Given the records below, would you repeat exactly the lines that begin at the one containing "fn values_are_read(rt: HostRuntime)" and end at the one containing "fn link_and_walk(table: &MapTable, seats: &mut", inclusive?

(Collected data)
[Start of Attachment]
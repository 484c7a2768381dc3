//! Tables so full that elements move to other buckets.
ghost use Rattle.std.specs.Prelude.{◌≡◌};
ghost use Rattle.map_table.specs.Held.{IsReady};
ghost use Rattle.map_table.specs.Values.{stored_of};

use map_table::{MapTable, ReadSeat, Room, Secret, TableShape, Values, Writer};
use std::test::Fail;

/// A table of 81,920 ways.
const FULL: TableShape = TableShape {
    readers: 2,
    buckets: 10_240,
    elements: 73_728,
    key_words: 1,
    value_words: 1,
    values: Values::Shared,
    secret: Secret {
        first: 0x1234_5678_9abc_def0,
        second: 0x0fed_cba9_8765_4321,
    },
};

/// How many keys are linked there: four fifths of its ways are full then.
const KEYS: u64 = 65_536;

/// A table of 512 ways.
const SMALL: TableShape = TableShape {
    buckets: 64,
    elements: 512,
    ..FULL
};

/// A table of two buckets, with an element more than ways.
const PAIR: TableShape = TableShape {
    buckets: 2,
    elements: 17,
    ..FULL
};

/// Links a key with its complement as its value, after it made room where there was none. How many calls made room.
fn link_in_room(table: &MapTable, writer: &mut Writer, number: u64) -> Option<u64>
    requires table { writer.old.table ≡ table.now }
    requires key { table.now.shape.key_words ≡ 1 }
    requires value { stored_of table.now.shape ≡ 1 }
    ensures table { writer.new.table ≡ table.now }
{
    if writer.link(table, &[number], &[!number]).is_some() {
        return Some(0);
    }
    if writer.make_room(table, &[number]) != Room::Made {
        return None;
    }
    writer.link(table, &[number], &[!number])?;
    Some(1)
}

/// Links all keys so.
fn link_all(table: &MapTable, writer: &mut Writer) -> Option<u64>
    requires table { writer.old.table ≡ table.now }
    requires key { table.now.shape.key_words ≡ 1 }
    requires value { stored_of table.now.shape ≡ 1 }
    ensures table { writer.new.table ≡ table.now }
{
    let mut moves = 0u64;
    for number in 0..KEYS {
        moves = moves.saturating_add(link_in_room(table, writer, number)?);
    }
    Some(moves)
}

/// The value that the writer finds under a key.
fn find(table: &MapTable, writer: &mut Writer, number: u64) -> Option<u64>
    requires table { writer.old.table ≡ table.now }
    requires key { table.now.shape.key_words ≡ 1 }
    requires value { stored_of table.now.shape ≡ 1 }
    ensures table { writer.new.table ≡ table.now }
{
    let way = writer.find(table, &[number])?;
    let mut words = [0];
    writer.value_at(table, way, &mut words);
    Some(words[0])
}

/// The value that a reader finds under a key, in a section of its own.
fn look_up(table: &MapTable, seat: &mut ReadSeat, number: u64) -> Option<u64>
    requires ready { IsReady table.now seat.old }
    requires key { table.now.shape.key_words ≡ 1 }
    requires value { stored_of table.now.shape ≡ 1 }
    ensures ready { IsReady table.now seat.new }
{
    table.open(seat);
    let mut found = None;
    if let Some(element) = table.lookup(seat, &[number]) {
        found = Some(table.load(seat, element, 1));
    }
    table.close(seat);
    found
}

/// How many keys the writer and a reader find with their own values.
fn count_found(table: &MapTable, seat: &mut ReadSeat, writer: &mut Writer) -> u64
    requires ready { IsReady table.now seat.old }
    requires table { writer.old.table ≡ table.now }
    requires key { table.now.shape.key_words ≡ 1 }
    requires value { stored_of table.now.shape ≡ 1 }
{
    let mut found = 0u64;
    for number in 0..KEYS {
        let both = [find(table, writer, number), look_up(table, seat, number)];
        if both == [Some(!number); 2] {
            found = found.saturating_add(1);
        }
    }
    found
}

/// A table whose ways are full by four fifths takes each key, since elements move, and each is found with its own value.
#[test]
fn full_table_takes_each_key(rt: HostRuntime) -> Result<(), Fail> {
    let (table, mut seats, mut writer) = MapTable::new(rt.alloc(), FULL)?;
    let Some(seat) = seats.list.first_mut() else {
        return Err(Fail::from("no seat"));
    };
    let moves = link_all(&table, &mut writer);
    assert!(rt; moves > Some(0));
    assert!(rt; count_found(&table, seat, &mut writer) == KEYS);
    Ok(())
}

/// Links the keys from 0 up, and tells the first for which there is no room.
fn fill(table: &MapTable, writer: &mut Writer) -> Option<u64>
    requires table { writer.old.table ≡ table.now }
    requires shape { table.now.shape ≡ SMALL }
    ensures table { writer.new.table ≡ table.now }
{
    for number in 0..512 {
        if writer.link(table, &[number], &[!number]).is_none() {
            return Some(number);
        }
    }
    None
}

/// The way in which each key is linked.
fn ways_of_all(table: &MapTable, writer: &mut Writer) -> [Option<usize>; 512]
    requires table { writer.old.table ≡ table.now }
    requires shape { table.now.shape ≡ SMALL }
    ensures table { writer.new.table ≡ table.now }
{
    let mut ways = [None; 512];
    for number in 0..512 {
        ways[number] = writer.find(table, &[number as u64]);
    }
    ways
}

/// How many keys are linked in another way than before.
fn count_moved(before: &[Option<usize>; 512], after: &[Option<usize>; 512]) -> usize {
    let mut moved = 0usize;
    for number in 0..512 {
        if before[number] != after[number] {
            moved = moved.saturating_add(1);
        }
    }
    moved
}

/// Fills a table, and makes room for one key more, beside a reader that stays in its section and after it left that: what the
/// calls answer, and how many keys stand elsewhere behind each.
fn make_room_beside(
    table: &MapTable,
    seat: &mut ReadSeat,
    writer: &mut Writer,
) -> Option<([Room; 2], [usize; 2])>
    requires ready { IsReady table.now seat.old }
    requires table { writer.old.table ≡ table.now }
    requires shape { table.now.shape ≡ SMALL }
{
    let key = fill(table, writer)?;
    let before = ways_of_all(table, writer);
    table.open(seat);
    let early = writer.make_room(table, &[key]);
    let beside = ways_of_all(table, writer);
    table.close(seat);
    let late = writer.make_room(table, &[key]);
    let after = ways_of_all(table, writer);
    let moved = [count_moved(&before, &beside), count_moved(&before, &after)];
    Some(([early, late], moved))
}

/// A reader that stays in its section holds an element where it stands. Once it left that, one element moves, and no more.
#[test]
fn reader_inside_holds_elements(rt: HostRuntime) -> Result<(), Fail> {
    let (table, mut seats, mut writer) = MapTable::new(rt.alloc(), SMALL)?;
    let Some(seat) = seats.list.first_mut() else {
        return Err(Fail::from("no seat"));
    };
    let rooms = make_room_beside(&table, seat, &mut writer);
    assert!(rt; rooms == Some(([Room::Held, Room::Made], [0, 1])));
    Ok(())
}

/// Makes room in an empty table, and after a hundred keys were linked as long as there was room: what the calls answer, and how
/// many elements are linked.
fn make_room_in_pair(table: &MapTable, writer: &mut Writer) -> ([Room; 2], usize)
    requires table { writer.old.table ≡ table.now }
    requires shape { table.now.shape ≡ PAIR }
{
    let empty = writer.make_room(table, &[100]);
    for number in 0..100 {
        writer.link(table, &[number], &[0]);
    }
    let full = writer.make_room(table, &[100]);
    ([empty, full], writer.count_linked(table))
}

/// Where all ways are full there is nowhere to go.
#[test]
fn full_buckets_have_no_room(rt: HostRuntime) -> Result<(), Fail> {
    let (table, _, mut writer) = MapTable::new(rt.alloc(), PAIR)?;
    let rooms = make_room_in_pair(&table, &mut writer);
    assert!(rt; rooms == ([Room::Made, Room::Full], 16));
    Ok(())
}
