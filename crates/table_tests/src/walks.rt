//! What the writer reads of an element, and what a reader meets that goes through all ways.
ghost use Rattle.std.specs.Prelude.{◌≡◌, ◌<◌, All};
ghost use Rattle.table_words.specs.History.{inside};
ghost use Rattle.map_table.specs.Held.{IsKnown, IsReady};

use map_table::{BUCKET_WAYS, MapTable, ReadSeat, Secret, TableShape, Values, Writer};
use std::test::Fail;

/// A table of sixteen ways, for eight keys, with a value of two words for each of two readers.
const WALKED: TableShape = TableShape {
    readers: 2,
    buckets: 2,
    elements: 8,
    key_words: 1,
    value_words: 2,
    values: Values::PerReader,
    secret: Secret {
        first: 0x1234_5678_9abc_def0,
        second: 0x0fed_cba9_8765_4321,
    },
};

/// Reads an empty way, links a key, and reads its way: whether each names an element, and the words of its values.
fn read_values(table: &MapTable, writer: &mut Writer) -> Option<(bool, bool, [u64; 4])>
    requires table { writer.old.table ≡ table.now }
    requires shape { table.now.shape ≡ WALKED }
{
    let mut words = [0; 4];
    let empty = writer.value_at(table, 0, &mut words);
    let way = writer.link(table, &[7], &[10, 20, 30, 40])?;
    let linked = writer.value_at(table, way, &mut words);
    Some((empty, linked, words))
}

/// The writer reads the values of all readers, in order.
#[test]
fn values_are_read(rt: HostRuntime) -> Result<(), Fail> {
    let (table, _, mut writer) = MapTable::new(rt.alloc(), WALKED)?;
    let read = read_values(&table, &mut writer);
    assert!(rt; read == Some((false, true, [10, 20, 30, 40])));
    Ok(())
}

/// The key that the reader meets in a way, in the section that is open.
fn key_in(table: &MapTable, seat: &mut ReadSeat, way: usize) -> Option<u64>
    requires table { seat.old.table ≡ table.now }
    requires inside { inside seat.old.view.mine ≡ 1 }
    requires known { IsKnown seat.old.view }
    requires shape { table.now.shape ≡ WALKED }
    requires way { way < 16 }
    ensures table { seat.new.table ≡ table.now }
    ensures inside { inside seat.new.view.mine ≡ 1 }
    ensures known { IsKnown seat.new.view }
{
    let mut key = [0];
    table.meet(seat, way, &mut key)?;
    Some(key[0])
}

/// How many keys the reader meets in all ways, in a section of its own, and their sum.
fn walk(table: &MapTable, seat: &mut ReadSeat) -> [u64; 2]
    requires ready { IsReady table.now seat.old }
    requires shape { table.now.shape ≡ WALKED }
    ensures ready { IsReady table.now seat.new }
{
    let (mut met, mut sum) = (0u64, 0u64);
    table.open(seat);
    for way in 0..WALKED.buckets * BUCKET_WAYS {
        if let Some(key) = key_in(table, seat, way) {
            met = met.wrapping_add(1);
            sum = sum.wrapping_add(key);
        }
    }
    table.close(seat);
    [met, sum]
}

/// Links three keys, and walks: what the first reader meets.
fn link_and_walk(table: &MapTable, seats: &mut [ReadSeat], writer: &mut Writer) -> Option<[u64; 2]>
    requires ready { All (IsReady table.now) seats.old }
    requires table { writer.old.table ≡ table.now }
    requires shape { table.now.shape ≡ WALKED }
{
    let [seat, ..] = seats else {
        return None;
    };
    writer.link(table, &[7], &[0; 4])?;
    writer.link(table, &[9], &[0; 4])?;
    writer.link(table, &[12], &[0; 4])?;
    Some(walk(table, seat))
}

/// A reader that goes through all ways meets each key once.
#[test]
fn walk_meets_each_key(rt: HostRuntime) -> Result<(), Fail> {
    let (table, mut seats, mut writer) = MapTable::new(rt.alloc(), WALKED)?;
    let met = link_and_walk(&table, &mut seats.list, &mut writer);
    assert!(rt; met == Some([3, 28]));
    Ok(())
}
[End of Attachment]
WRITTEN REPLY
fn values_are_read(rt: HostRuntime) -> Result<(), Fail> {
    let (table, _, mut writer) = MapTable::new(rt.alloc(), WALKED)?;
    let read = read_values(&table, &mut writer);
    assert!(rt; read == Some((false, true, [10, 20, 30, 40])));
    Ok(())
}

/// The key that the reader meets in a way, in the section that is open.
fn key_in(table: &MapTable, seat: &mut ReadSeat, way: usize) -> Option<u64>
    requires table { seat.old.table ≡ table.now }
    requires inside { inside seat.old.view.mine ≡ 1 }
    requires known { IsKnown seat.old.view }
    requires shape { table.now.shape ≡ WALKED }
    requires way { way < 16 }
    ensures table { seat.new.table ≡ table.now }
    ensures inside { inside seat.new.view.mine ≡ 1 }
    ensures known { IsKnown seat.new.view }
{
    let mut key = [0];
    table.meet(seat, way, &mut key)?;
    Some(key[0])
}

/// How many keys the reader meets in all ways, in a section of its own, and their sum.
fn walk(table: &MapTable, seat: &mut ReadSeat) -> [u64; 2]
    requires ready { IsReady table.now seat.old }
    requires shape { table.now.shape ≡ WALKED }
    ensures ready { IsReady table.now seat.new }
{
    let (mut met, mut sum) = (0u64, 0u64);
    table.open(seat);
    for way in 0..WALKED.buckets * BUCKET_WAYS {
        if let Some(key) = key_in(table, seat, way) {
            met = met.wrapping_add(1);
            sum = sum.wrapping_add(key);
        }
    }
    table.close(seat);
    [met, sum]
}

/// Links three keys, and walks: what the first reader meets.
fn link_and_walk(table: &MapTable, seats: &mut [ReadSeat], writer: &mut Writer) -> Option<[u64; 2]>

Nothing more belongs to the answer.